Is Terrell Owens available?


----------



## MrFid (Mar 9, 2013)

The air is so thin up here at the top. We'll see if I can maintain the streak. Big challenge next week going up against Matty ICE. Ben 'preciate you giving that joke a whirl.


----------



## BigRedKnothead (Dec 21, 2012)

Ya, that was pretty dumb. There has gotta be something that feeling of invincibility that athletes get…cause the behave like idiots at times.


----------



## BigRedKnothead (Dec 21, 2012)

I just hope Chief's fans aren't going to use Bowe as an excuse when the Broncos thump 'em Sunday.


----------



## superstretch (Jan 10, 2011)

Farewell Arian Foster.. *another* one of the top projected players on IR


----------



## superstretch (Jan 10, 2011)

I sent some trade requests out.. looking for RB-heavy teams with little TE support. Julius Thomas for "good" RBs, Jimmy Graham for some of the "better" RBs. I checked the "Evaluate Trade" option, and most were net gains for both teams.


----------



## BigRedKnothead (Dec 21, 2012)

Accepted one. Now we're really gonna pull away from the competition.


----------



## superstretch (Jan 10, 2011)

Haha I'm OK with that.. I'd rather it be a 2-horse race than 4


----------



## MrFid (Mar 9, 2013)

What… no love for off in the shower? Big dogs gettin nervous now that stef and I are riding 3 game win streaks? In all fairness losing Doug Martin blew my team up. Been scrambling around out of the pocket for a while now.


----------



## BigRedKnothead (Dec 21, 2012)

Ya, I had big Doug E. Fresh in my other league. That didn't go so well.


----------



## chrisstef (Mar 3, 2010)

My squads final ystarting to turn the corner but its too little too late. Id have to win out to hit .500 and someone at the top would have to lose out for me to get into the playoffs. Red im lookin at you buddy, Mr. three game skid

Also, Chiefs will bring the pain to Manning. Its gonna be cold out there Sunday night. Gonna sting when all 330 lbs of Dontari Poe lands on Peyton.


----------



## BigRedKnothead (Dec 21, 2012)

Ya, the chefs better whip up some offense. Don't think defensive TDs are gonna cut it at mile high.


----------



## chrisstef (Mar 3, 2010)

That's the part that scares me


----------



## BentheViking (May 19, 2011)

i hope i win against off in the shower this weekend


----------



## MrFid (Mar 9, 2013)

Looks like a pretty tight one Ben. Tastefully worded post, btw. Taste seems to fly in the face of convention here. Funny how that always seems to happen around me.


----------



## BigRedKnothead (Dec 21, 2012)

I'll be watching the game in my outlaws theater room. Hope I won't be throwing stuff at the 90" screen.


----------



## chrisstef (Mar 3, 2010)

Ill be greased up in the recliner. All doors closed. In just my jersey.


----------



## superstretch (Jan 10, 2011)

I'll be in the fetal position in the corner crying about getting stomped in ffl. At least my bills kicked butt today


----------



## chrisstef (Mar 3, 2010)

How cute. Peytons wearing gloves. Them old bones must be chilly … and brittle.


----------



## BigRedKnothead (Dec 21, 2012)

Ahhhh…..go smoke another bowe, Dwayne.


----------



## BigRedKnothead (Dec 21, 2012)

Man, hope my donkeys don't choke like the chiefs did.

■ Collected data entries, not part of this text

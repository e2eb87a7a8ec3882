// A frame of an IBSS as its fields: those of document 01's reader, then the sender and element 41 (docs/BOUNDARY.md).
ghost use Rattle.std.specs.Prelude.{◌≡◌, ◌++◌};
ghost use Rattle.boundary.specs.FrameFields.{received_octets};
ghost use Rattle.boundary.specs.IbssFields.{held_dfs};

use crate::frame_fields;
use element::ibss_dfs::IbssDfs;
use frame::Received;

// Where the sender and element 41 stand, after document 01's fields, and how many octets they all are.
const SENDER: usize = frame_fields::LENGTH;

const DFS: usize = 44;

pub const LENGTH: usize = 60;

// Where the parts of element 41 stand in it, after the octet that says whether it is there.
const OWNER: usize = 1;

const RECOVERY: usize = 7;

const PAIRS: usize = 8;

// 1 where there is an element 41, its owner, its recovery interval and how many pairs it has; zeros where there is none.
fn held_dfs(dfs: Option<IbssDfs>) -> [u8; 16]
    ensures { result ≡ held_dfs dfs }
{
    let mut fields = [0; 16];
    if let Some(dfs) = dfs {
        fields[0] = 1;
        fields[OWNER..RECOVERY].copy_from_slice(&dfs.owner);
        fields[RECOVERY] = dfs.recovery;
        fields[PAIRS..].copy_from_slice(&octets::octets64(dfs.pairs as u64));
    }
    fields
}

// The fields of a frame that was accepted.
pub fn of_accepted(received: Received, sender: [u8; 6], dfs: Option<IbssDfs>) -> [u8; LENGTH]
    ensures { result ≡ received_octets received ++ sender ++ held_dfs dfs }
{
    let mut fields = [0; LENGTH];
    fields[..SENDER].copy_from_slice(&frame_fields::of_received(received));
    fields[SENDER..DFS].copy_from_slice(&sender);
    fields[DFS..].copy_from_slice(&held_dfs(dfs));
    fields
}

I admit, I'm havin' a hard time staying engaged with fantasy sports this year. I'm usually much more active on the waiver wire and stuff. I think LJs takes up most of my cyber attention span.


----------



## chrisstef (Mar 3, 2010)

Makes Stef mad. Go Pats.


----------



## BigRedKnothead (Dec 21, 2012)

ehhh…..looks like the donkey's are gonna choke even worse. Wuudddyagonnadoo.


----------



## superstretch (Jan 10, 2011)

Phew.. nail biter.. not the Pats/Broncos, the superstretchies and percy whippeds.. Looks like Yahoo missed some of Welker's return yards, so I'm hoping for a little space while I watch Gore proceed to destroy me tomorrow night.. -_-


----------



## MrFid (Mar 9, 2013)

Welker comes up the donkey again. This time it helps us. Not signalling your team away from a punt you're not catching is kind of like forgetting the safe word when things get a little too spicy during bedroom activities.


----------



## superstretch (Jan 10, 2011)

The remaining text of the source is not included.